A análise dos resultados, mostrou que o tempo de trabalho é bem definido, considerando a quilometragem, a condição das estradas e as pausas. De acordo com os relatos colhidos pela pesquisa com os cegonheiros, as pausas realizadas são benéficas para o desenvolvimento do trabalho. Além disso, eles explicaram que possuem autonomia e liberdade em relação ao tempo em que devem parar, algo que contribui com um bom mecanismo de regulação da fadiga presente nesse tipo de atividade.

“As sobrejornadas são esporádicas, reduzindo significativamente o impacto da atividade na fadiga dos motoristas. As pausas são realizadas e contribuem como mecanismo de regulação, prevenção de doenças e até mesmo de acidentes, pois os motoristas trabalham descansados sem necessidade de uso de substâncias psicoativas para se manterem acordados”, explica Daniela Ropolli. Esse modelo de organização bem definida e controlada já era aplicado pela empresa antes mesmo da aprovação da lei, isso fez com que um dos donos participasse da elaboração da nova lei em Brasília.
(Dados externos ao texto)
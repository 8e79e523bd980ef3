//! A disk that runs, or the medium that it leaves.
ghost use Rattle.std.specs.Prelude.{◌≡◌, true};
ghost use Rattle.medium.specs.Sim.{state_of};
ghost use Rattle.logical_blocks.specs.Book.{Book};
ghost use Rattle.blocks.specs.StoreValue.{FitsBook};
ghost use Rattle.page.specs.Scenes.{HoldsAt, LeavesBook};
ghost use Rattle.page.specs.Pictures.{place_code};
ghost use Rattle.page.specs.Standing.{medium_of};

use crate::watched::Watched;
use blocks::Store;

/// Where the disk of a scene stands.
#[derive(Drop)]
pub(crate) enum Place {
    Runs(Store<Watched>),
    /// The power is off.
    Off(Watched),
    /// It was cut and is on again, and no disk has started.
    Between(Watched),
}

impl Place {
    /// The medium.
    pub(crate) fn medium(&self) -> &Watched
        ensures { result.now ≡ medium_of self.now }
    {
        match self {
            Place::Runs(store) => store.medium(),
            Place::Off(medium) => medium,
            Place::Between(medium) => medium,
        }
    }

    /// Gives the medium back.
    pub(crate) fn into_medium(self) -> Watched
        ensures is { result ≡ medium_of self }
        ensures leaves { (book : Book) → HoldsAt self book → book.ours ≡ true
            → LeavesBook result book }
    {
        match self {
            Place::Runs(store) => stop(store),
            Place::Off(medium) => medium,
            Place::Between(medium) => medium,
        }
    }

    /// The place as a number.
    pub(crate) fn code(&self) -> u64
        ensures { result ≡ place_code self.now }
    {
        match self {
            Place::Runs(_) => 0,
            Place::Off(_) => 1,
            Place::Between(_) => 2,
        }
    }
}

/// Takes a store down.
pub(crate) fn stop(store: Store<Watched>) -> Watched
    ensures is { result ≡ store.medium }
    ensures leaves { (book : Book) → FitsBook (state_of store.medium) store.cached book
        → book.ours ≡ true → LeavesBook result book }
{
    // The store says here what a cut leaves.
    let _ = store.medium();
    store.into_medium()
}
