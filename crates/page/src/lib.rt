//! The library of the page on which one pulls the plug: a disk on a small medium, commands of a
//! host, losses of power, and what a start then serves. `docs/page` calls its exports.
#![tactic(auto)]

mod commands;
mod exports;
mod extent;
mod fault;
mod life;
mod looks;
mod opening;
mod picture;
mod place;
mod plain;
mod play;
mod scene;
mod script;
mod sectors;
mod step;
mod watched;

pub use exports::{ImageSizes, page_plain, page_play, page_sector};
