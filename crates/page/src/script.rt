//! A script: a head, and steps.
ghost use Rattle.std.specs.Prelude.{◌≡◌, ◌≤◌, ◌+◌, ◌-◌, ◌*◌, ◌/◌, ◌↔◌, [], length, slice_index};
ghost use Rattle.std.specs.Prelude.{IfSome, is_some, false};
ghost use Rattle.logical_blocks.specs.Book.{Book};
ghost use Rattle.page.specs.Scenes.{Shows};
ghost use Rattle.page.specs.Standing.{standing};
ghost use Rattle.page.specs.Scripts.{code_of, step_at, HasReached, GoesOn, IsHead, IsScript};

use crate::fault::Fault;
use crate::scene::{Played, Scene};
use crate::step::{STEP, Step};
use journal::{LogFormat, Super};
use std::alloc::Global;

/// What the head of a script asks for.
#[derive(Clone, Copy)]
pub(crate) struct Head {
    pub(crate) sizes: Super,
    pub(crate) goes_ahead: bool,
}

/// The head of a script: a format, 1 to 4 slots, a policy, and 1 to 32 blocks. `None` where it is
/// none, or where the script has no whole steps.
pub(crate) fn head_of(script: &[u8]) -> Option<Head>
    ensures some { IfSome result (IsHead script.now) }
    ensures none { is_some result ≡ false ↔ (IsScript script.now → ⊥) }
{
    if script.len() < STEP || script.len() % STEP != 0 {
        return None;
    }
    let format = match script[0] {
        1 => LogFormat::One,
        2 => LogFormat::Two,
        _ => return None,
    };
    let (slots, blocks) = (u64::from(script[1]), u64::from(script[3]));
    if slots < 1 || slots > 4 || script[2] > 1 || blocks < 1 || blocks > 32 {
        return None;
    }
    Some(Head {
        sizes: Super::new(format, blocks, slots),
        goes_ahead: script[2] == 1,
    })
}

/// Plays the steps of a script behind its head, and appends how they went. `None` for want of
/// memory.
pub(crate) fn play_all(
    alloc: Global,
    first: Scene,
    script: &[u8],
    answers: &mut Vec<u8>,
) -> Option<Scene>
    requires { 16 ≤ length script.now }
    ensures { (book : Book) → Shows first book → answers.old.items ≡ []
        → IfSome result (HasReached script.now (standing first book)
        (length script.now / 16 - 1) answers.new.items) }
{
    let mut scene = first;
    for i in 0..script.len() / STEP - 1 {
        scene = play_one(alloc, scene, script, i + 1, answers)?;
    }
    Some(scene)
}

// Plays one step of a script, and appends how it went.
fn play_one(
    alloc: Global,
    scene: Scene,
    script: &[u8],
    i: usize,
    answers: &mut Vec<u8>,
) -> Option<Scene>
    requires { 16 * i + 16 ≤ length script.now }
    ensures { (book : Book) → Shows scene book
        → IfSome result (GoesOn (step_at script.now i) (standing scene book)
        answers.old.items answers.new.items) }
{
    let step = Step::decode(&script[STEP * i..STEP * i + STEP]);
    let Played {
        scene: next,
        result: went,
    } = scene.play(alloc, &step);
    match answers.push(code_of(&went)) {
        Ok(()) => Some(next),
        Err(_) => None,
    }
}

/// How a step went, as a byte.
pub(crate) fn code_of(went: &Result<(), Fault>) -> u8
    ensures { result ≡ code_of went.now }
{
    match went {
        Ok(()) => 0,
        Err(fault) => match fault {
            Fault::Lost => 1,
            Fault::Idle => 2,
            Fault::Refused => 3,
            Fault::Failed => 4,
            Fault::NoMemory => 5,
        },
    }
}
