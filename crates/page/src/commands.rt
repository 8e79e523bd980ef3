//! What a store does of a host's commands, and of the work in the background.
ghost use Rattle.logical_blocks.specs.Book.{Book};
ghost use Rattle.page.specs.Scenes.{Serves};

use crate::extent::Extent;
use crate::fault::Fault;
use crate::life::Life;
use crate::step::Command;
use crate::watched::Watched;
use blocks::Store;
use std::alloc::Global;

/// Carries a command out.
///
/// # Errors
///
/// `Refused` where the blocks are none of the store, or the command is none; `NoMemory`; `Failed`
/// where the store failed.
pub(crate) fn carry_out(
    alloc: Global,
    store: &mut Store<Watched>,
    life: &mut Life,
    command: &Command,
) -> Result<(), Fault>
    ensures { (book : Book)
        → Serves command.now result life.old store.old book life.new store.new }
{
    match command {
        Command::Write(extent) => write(alloc, store, life, extent),
        Command::Force(extent) => force(alloc, store, life, extent),
        Command::Sync => sync(store, life),
        Command::Read(extent) => read(alloc, store, life, extent),
        Command::Tick => tick(store, life),
        Command::Unknown => Err(Fault::Refused),
    }
}

fn tick(store: &mut Store<Watched>, life: &Life) -> Result<(), Fault>
    ensures { (book : Book)
        → Serves Command.Tick result life.now store.old book life.now store.new }
{
    store.tick();
    Ok(())
}

fn force(
    alloc: Global,
    store: &mut Store<Watched>,
    life: &mut Life,
    extent: &Extent,
) -> Result<(), Fault>
    ensures { (book : Book)
        → Serves (Command.Force extent.now) result life.old store.old book life.new store.new }
{
    match write(alloc, store, life, extent) {
        Ok(()) => sync(store, life),
        Err(fault) => Err(fault),
    }
}

fn write(
    alloc: Global,
    store: &mut Store<Watched>,
    life: &mut Life,
    extent: &Extent,
) -> Result<(), Fault>
    ensures { (book : Book)
        → Serves (Command.Write extent.now) result life.old store.old book life.new store.new }
{
    if !extent.lies_within(store.blocks()) {
        return Err(Fault::Refused);
    }
    let Ok(bytes) = Vec::from_elem(alloc, extent.fill, 512 * extent.count) else {
        return Err(Fault::NoMemory);
    };
    let _ = store.limit();
    match store.write(extent.first, &bytes) {
        Ok(()) => {
            life.accepted = life.accepted.saturating_add(1);
            Ok(())
        }
        Err(_) => Err(Fault::Failed),
    }
}

fn sync(store: &mut Store<Watched>, life: &mut Life) -> Result<(), Fault>
    ensures { (book : Book)
        → Serves Command.Sync result life.old store.old book life.new store.new }
{
    match store.sync() {
        Ok(()) => {
            life.promised = life.accepted;
            Ok(())
        }
        Err(_) => Err(Fault::Failed),
    }
}

fn read(
    alloc: Global,
    store: &mut Store<Watched>,
    life: &Life,
    extent: &Extent,
) -> Result<(), Fault>
    ensures { (book : Book)
        → Serves (Command.Read extent.now) result life.now store.old book life.now store.new }
{
    if !extent.lies_within(store.blocks()) {
        return Err(Fault::Refused);
    }
    let Ok(to) = Vec::from_elem(alloc, 0, 512 * extent.count) else {
        return Err(Fault::NoMemory);
    };
    let mut to = to;
    let _ = store.limit();
    match store.read(extent.first, &mut to) {
        Ok(()) => Ok(()),
        Err(_) => Err(Fault::Failed),
    }
}
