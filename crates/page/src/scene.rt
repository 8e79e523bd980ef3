//! A disk, its medium and its life so far, step by step.
ghost use Rattle.std.specs.Prelude.{◌≡◌, true, false, if◌then◌else◌};
ghost use Rattle.medium.specs.Moments.{IsFlushed};
ghost use Rattle.medium.specs.Sim.{state_of};
ghost use Rattle.logical_blocks.specs.Book.{Book};
ghost use Rattle.blocks.specs.StoreValue.{is_dead};
ghost use Rattle.page.specs.Books.{IsArmed};
ghost use Rattle.page.specs.Scenes.{LeavesBook, HoldsAt, Has, Plays, Shows, Commanded, Started};
ghost use Rattle.page.specs.Standing.{between, running, standing};

use crate::commands::carry_out;
use crate::fault::Fault;
use crate::life::Life;
use crate::opening::open;
use crate::place::{Place, stop};
use crate::step::{Command, Step};
use crate::watched::Watched;
use blocks::Store;
use medium::{Kept, Switch};
use std::alloc::Global;

/// What a page shows.
#[derive(Drop)]
pub(crate) struct Scene {
    pub(crate) place: Place,
    pub(crate) life: Life,
    pub(crate) goes_ahead: bool,
}

/// A scene after a step, and how it went.
#[derive(Drop)]
pub(crate) struct Played {
    pub(crate) scene: Scene,
    pub(crate) result: Result<(), Fault>,
}

impl Scene {
    /// Plays a step.
    pub(crate) fn play(self, alloc: Global, step: &Step) -> Played
        ensures { (book : Book) → Shows self book
            → Plays step.now result.result self book result.scene }
    {
        match step {
            Step::Fuse(writes) => self.arm(*writes),
            Step::Cut(mask) => self.cut(*mask),
            Step::Start => self.start(alloc),
            Step::Command(command) => self.command(alloc, command),
        }
    }

    // Arms a fuse of the medium, but where the power is off.
    fn arm(self, writes: u64) -> Played
        ensures { (book : Book) → Shows self book
            → Plays (Step.Fuse writes) result.result self book result.scene }
    {
        let Scene {
            place,
            life,
            goes_ahead,
        } = self;
        let place = fused(place, writes);
        Played {
            scene: Scene {
                place,
                life,
                goes_ahead,
            },
            result: Ok(()),
        }
    }

    // Cuts the power, and turns it on again.
    fn cut(self, mask: u64) -> Played
        ensures { (book : Book) → Shows self book
            → Plays (Step.Cut mask) result.result self book result.scene }
    {
        let Scene {
            place,
            life,
            goes_ahead,
        } = self;
        let mut medium = place.into_medium();
        medium.cut(&Kept::Mask(mask));
        Played {
            scene: Scene {
                place: Place::Between(medium),
                life,
                goes_ahead,
            },
            result: Ok(()),
        }
    }

    fn start(self, alloc: Global) -> Played
        ensures { (book : Book) → Shows self book
            → Plays Step.Start result.result self book result.scene }
    {
        let Scene {
            place,
            life,
            goes_ahead,
        } = self;
        match place {
            Place::Between(medium) => start_on(alloc, medium, life, goes_ahead),
            place => Played {
                scene: Scene {
                    place,
                    life,
                    goes_ahead,
                },
                result: Err(Fault::Idle),
            },
        }
    }

    // A command of the host, or a step in the background.
    fn command(self, alloc: Global, command: &Command) -> Played
        ensures { (book : Book) → Shows self book
            → Plays (Step.Command command.now) result.result self book result.scene }
    {
        let Scene {
            place,
            life,
            goes_ahead,
        } = self;
        match place {
            Place::Runs(store) => serve(alloc, store, life, goes_ahead, command),
            place => Played {
                scene: Scene {
                    place,
                    life,
                    goes_ahead,
                },
                result: Err(Fault::Idle),
            },
        }
    }
}

// A store carries a command out, and goes where it dies of it.
fn serve(
    alloc: Global,
    store: Store<Watched>,
    life: Life,
    goes_ahead: bool,
    command: &Command,
) -> Played
    ensures { (book : Book) → Has life store book → is_dead store.cached ≡ false
        → Commanded command.now result.result store
        (standing (running store life goes_ahead) book) result.scene }
{
    let mut store = store;
    let mut life = life;
    let result = carry_out(alloc, &mut store, &mut life, command);
    if store.is_dead() {
        return Played {
            scene: Scene {
                place: Place::Off(stop(store)),
                life,
                goes_ahead,
            },
            result: Err(Fault::Lost),
        };
    }
    Played {
        scene: Scene {
            place: Place::Runs(store),
            life,
            goes_ahead,
        },
        result,
    }
}

// Arms a fuse of the medium, but where the power is off.
fn fused(place: Place, writes: u64) -> Place
    ensures holds { (book : Book) → HoldsAt place book → HoldsAt result book }
    ensures armed { IsArmed writes place result }
{
    match place {
        Place::Runs(mut store) => {
            store.fuse(writes);
            Place::Runs(store)
        }
        Place::Off(medium) => Place::Off(medium),
        Place::Between(mut medium) => {
            medium.fuse(writes);
            Place::Between(medium)
        }
    }
}

/// Starts a disk on a medium of which nothing is unflushed.
pub(crate) fn start_on(alloc: Global, medium: Watched, life: Life, goes_ahead: bool) -> Played
    ensures { (book : Book) → LeavesBook medium book → book.ours ≡ true
        → IsFlushed (state_of medium) → Started result.result medium
        (standing (between medium life goes_ahead) book) result.scene }
{
    let life = life.next();
    match open(alloc, medium, goes_ahead) {
        Ok(store) => Played {
            scene: Scene {
                place: Place::Runs(store),
                life,
                goes_ahead,
            },
            result: Ok(()),
        },
        Err(medium) => {
            let fault = fault_of(&medium);
            Played {
                scene: Scene {
                    place: Place::Off(medium),
                    life,
                    goes_ahead,
                },
                result: Err(fault),
            }
        }
    }
}

// Why a start was refused.
fn fault_of(medium: &Watched) -> Fault
    ensures { result ≡ (if medium.now.power.off then Fault.Lost else Fault.NoMemory) }
{
    if medium.is_off() {
        Fault::Lost
    } else {
        Fault::NoMemory
    }
}
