// How a header is made and read.
ghost use Rattle.std.specs.Prelude.{◌≡◌};
ghost use Rattle.duty.specs.Heads.{header_of, heads};

use super::Header;
use crate::letters::Letter;
use crate::records::Record;
use crate::timings::LONGEST;

impl Header {
    // The most duties of a table.
    pub const MOST_DUTIES: u8 = 64;

    // As many records hold the duties of any table.
    pub const MOST_RECORDS: usize = Self::MOST_DUTIES as usize;

    // A header of these numbers, if they keep the limits.
    pub fn new(letter: Letter, boards: u8, duties: u8, cycle: u32) -> Option<Header>
        ensures { heads result ≡ header_of letter boards duties cycle }
    {
        if boards < 1 || boards > Record::MOST_BOARDS {
            return None;
        }
        if duties > Self::MOST_DUTIES || cycle < 1 || cycle > LONGEST {
            return None;
        }
        Some(Header {
            letter,
            boards,
            duties,
            cycle,
        })
    }

    pub fn letter(&self) -> Letter
        ensures { result ≡ self.now.letter }
    {
        self.letter
    }

    pub fn boards(&self) -> u8
        ensures { result ≡ self.now.boards }
    {
        self.boards
    }

    pub fn duties(&self) -> u8
        ensures { result ≡ self.now.duties }
    {
        self.duties
    }

    pub fn cycle(&self) -> u32
        ensures { result ≡ self.now.cycle }
    {
        self.cycle
    }
}
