// Every prefix of a trace, and the trace itself: how many bytes its replay prints, their sum, and the sum of their sums. A prefix of n bytes prints
// `trace refused 9 at n`.
use crate::TEXT;
use std::io;

// Both as remainders by 2 ^ 32.
#[derive(Clone, Copy)]
struct Sums {
    bytes: u32,
    // The sums after the first byte, after the second and so on, added up: another order of the bytes gives another number.
    sums: u32,
}

fn sums_of(text: &[u8]) -> Sums {
    let mut bytes: u32 = 0;
    let mut sums: u32 = 0;
    for byte in text {
        bytes = bytes.wrapping_add(u32::from(*byte));
        sums = sums.wrapping_add(bytes);
    }
    Sums { bytes, sums }
}

fn show(rt: &impl Print, prefix: &[u8]) -> io::Result<()> {
    let mut output = [0u8; TEXT];
    let printed = runner::replay(prefix, &mut output);
    let Sums { bytes, sums } = sums_of(&output[..printed]);
    let length = prefix.len();
    println!(rt; "{length} bytes print {printed}, sum {bytes}, sum of sums {sums}")
}

pub(crate) fn show_all(rt: &impl Print, trace: &[u8]) -> io::Result<()> {
    for n in 0..=trace.len() {
        show(rt, &trace[..n])?;
    }
    Ok(())
}
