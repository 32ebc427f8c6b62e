// Traces made from a head and its operations.
use std::alloc::{AllocError, Global};

// A head: the count of its settings, the divisor, the model and the count of operations.
#[derive(Clone, Copy)]
pub(crate) struct Head(
    pub(crate) u32,
    pub(crate) u32,
    pub(crate) u32,
    pub(crate) u32,
);

// So many operations, and divisor 12 on the 8253.
pub(crate) fn sound(operations: u32) -> Head {
    Head(2, 12, 0, operations)
}

// Code, target and number.
#[derive(Clone, Copy)]
pub(crate) struct Operation(pub(crate) u8, pub(crate) u8, pub(crate) u32);

pub(crate) fn begin(alloc: Global, head: Head) -> Result<Vec<u8>, AllocError> {
    let mut trace = Vec::new(alloc);
    let Head(count, divisor, model, operations) = head;
    for number in [count, divisor, model, operations] {
        trace.extend_from_slice(&number.to_le_bytes())?;
    }
    Ok(trace)
}

pub(crate) fn push(trace: &mut Vec<u8>, operation: Operation) -> Result<(), AllocError> {
    let Operation(code, target, number) = operation;
    trace.extend_from_slice(&[code, target])?;
    trace.extend_from_slice(&number.to_le_bytes())
}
A pesquisadora, contudo, pondera que os resultados encontrados estão relacionados ao perfil organizacional e talvez não sejam encontrados em outras realidades. “Embora os resultados obtidos nesta pesquisa tenham revelado o lado positivo da configuração da jornada de trabalho dos cegonheiros, é possível que essa realidade não seja a mesma encontrada entre outros motoristas de caminhão que estejam submetidos a outras empresas ou mesmo com próprio trabalho autônomo, mesmo com o advento da nova lei do motorista profissional”, avalia. Os resultados dependem do comprometimento da empresa com gestão e organização de trabalho favorável à saúde.

A partir dos dados coletados, referentes à realidade nacional, a pesquisa observou as empresas passaram a ficar sob as lentes das fiscalizações e consequentes penalidades. Dessa forma, elas estão gradativamente se adaptando ao cumprimento das exigências legais, sendo as pausas mais respeitadas. Ocorreu também a diminuição do uso de drogas psicotrópicas por parte dos motoristas, cuja finalidade era permanecerem muitas horas acordados. O número de acidentes reduziu consideravelmente, além do fato de os motoristas disporem de mais tempo para cuidar da saúde.

Entretanto, alguns pontos negativos foram destacados pela pesquisa. Ao mesmo tempo em que a lei trouxe melhores condições de trabalho, isso impactou nos custos envolvidos de toda cadeia logística. A mudança provoca uma redução do faturamento das empresas e no salário dos motoristas. Houve também um considerável aumento de ações trabalhistas. Como resultado observa-se o fechamento de empresas desde pequeno até grande porte, que não tinham como adequar totalmente devido à estrutura que não temos nas estradas, nos pontos de paradas e normas de rodagem. Isso tudo gerou uma grande resistência de empregadores e dos sindicatos, visto que durante anos, todo esse cenário se sustentou no tripé: baixa remuneração, pagamento por produtividade e descontrole das jornadas de trabalho.